La disproportion est totale entre la Tunisie et la Chine. La Tunisie compte 12 millions d’habitants, la Chine comprend 12 millions d’entreprises, a-t-on laissé entendre à l’ouverture du Tunis Forum, événement organisé par l’IACE sur le thème “l’avenir est-il au partenariat avec la Chine“, vendredi 7 juillet.
Un meeting, une découverte
Tout nous oppose. La langue, la distance et l’asymétrie de standing. Mais l’appétit de puissance de la Chine et l’impératif d’émergence de la Tunisie nous rapprochent. Il faut le voir pour le croire. Le meeting tuniso-chinois, dans l’enceinte de l’IACE, baignait dans une atmosphère de franche volonté de découverte l’un de l’autre. On sentait un effet de magnétisme. Chacun est attiré par l’autre. On a fini par se rencontrer. Une dynamique de rapprochement est en train d’opérer.
Dans la foulée de cette rencontre, trois conventions ont été paraphées. C’est là une des retombées de la Conférence internationale sur l’investissement “Tunisie 2020“, organisée en novembre 2016. On parle d’une enveloppe d’investissement de 120 millions de dinars. La première convention a été signée par le Groupe LOUKIL et la Banque industrielle et commerciale de Chine (ICBC).

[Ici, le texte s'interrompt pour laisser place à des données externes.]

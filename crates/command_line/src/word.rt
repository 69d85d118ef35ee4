// What a word may look like by itself.
ghost use Rattle.std.specs.Prelude.{◌≡◌, option_map, string_bytes};
ghost use Rattle.std.specs.List.{list_all};
ghost use Rattle.command_line.specs.Words.{behind_dash, behind_dashes, is_plain, may_stand, may_stand_behind, value_in};

/// Whether a word may be a positional word or a value: it is not empty, and doesn't begin with `-`.
pub fn is_plain(word: &str) -> bool
    ensures { result ≡ is_plain word.now }
{
    match word.as_bytes().first() {
        None => false,
        Some(byte) => *byte != b'-',
    }
}

// What stands behind a first `-`.
fn behind_dash(word: &str) -> Option<&str>
    ensures { option_map (λ text. text.now) result ≡ behind_dash word.now }
{
    word.strip_prefix('-')
}

/// What stands behind a first `--`, if a word begins so.
pub fn behind_dashes(word: &str) -> Option<&str>
    ensures { option_map (λ text. text.now) result ≡ behind_dashes word.now }
{
    behind_dash(behind_dash(word)?)
}

// What stands behind the first `=`.
fn value_in(text: &str) -> Option<&str>
    ensures { option_map (λ value. value.now) result ≡ value_in text.now }
{
    match text.split_once('=') {
        None => None,
        Some((_, value)) => Some(value),
    }
}

// Whether this may stand behind `--` in a word.
fn may_stand_behind(text: &str) -> bool
    ensures { result ≡ may_stand_behind text.now }
{
    if text.is_empty() {
        return false;
    }
    match value_in(text) {
        None => true,
        Some(value) => is_plain(value),
    }
}

/// Whether a word can stand somewhere behind a command: it is plain, or it is `--` with more behind it,
/// and with a plain value if it has one.
fn may_stand(word: &str) -> bool
    ensures { result ≡ may_stand word.now }
{
    if is_plain(word) {
        return true;
    }
    match behind_dashes(word) {
        None => false,
        Some(text) => may_stand_behind(text),
    }
}

/// Whether each word can stand somewhere behind a command.
pub(crate) fn may_all_stand(words: &[String]) -> bool
    ensures { result ≡ list_all (λ word. may_stand (string_bytes word)) words.now }
{
    words.iter().all(|word| may_stand(word.as_str()))
}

Il s’agit d’un financement destiné à promouvoir le centre commercial ”Tunisia Africa MALL” lequel fait partie du mégaprojet ”Port Financier de Tunis“.
Ce projet, qui va enfin voir le jour, est situé à Raoued. L’investisseur tunisien précise que le coût du projet s’élève à 60 millions de dollars. Rappelons que le Mall s’étendra sue une superficie de 200.000 m2, soit 20 hectares.
Un deuxième accord a été conclu entre l’ICBC et AMEN BANK pour développer des relations d’affaires entre les deux pays. Ahmed El Karm a précisé à ce sujet qu’il comporte des lignes de financement qui seront gérées par Amen Bank. Un des objectifs recherché par Amen Bank est de procurer des financements aux entreprises tentées par le grand large, et notamment l’implantation physique en Afrique.
Par ailleurs, ce partenariat peut s’étendre, demain, au financement d’opérations d’envergure, dans le cadre du PPP.
Enfin, la troisième convention a été signée entre HUWAEI et la Société Industrielle d’Appareillage et de Matériels Electriques (SIAME) passé dans le groupe El Arem. On croit savoir qu’il s’agit de fabriquer des smart grid, c’est-à-dire des compteurs électriques intelligents.
La Chine par les chiffres
Alors, on connaissait l’importance de ses réserves de change qui avoisinent les 4.000 milliards de dollars. On était impressionné par sa croissance à deux chiffres. A présent on découvre l’ampleur de ses IDE lesquels avoisinent 100 milliards de dollars, pour l’année 2014. L’importance des relations avec l’ASEAN fait que 70% de ces investissements sont faits en Asie, 8% en UE et à peine 4% en Afrique pour un montant de 3,5 milliards de dollars dont seulement 1,4 million de dinars en Tunisie.
Ils sont 120 millions de touristes chinois à partir annuellement à la découverte du monde.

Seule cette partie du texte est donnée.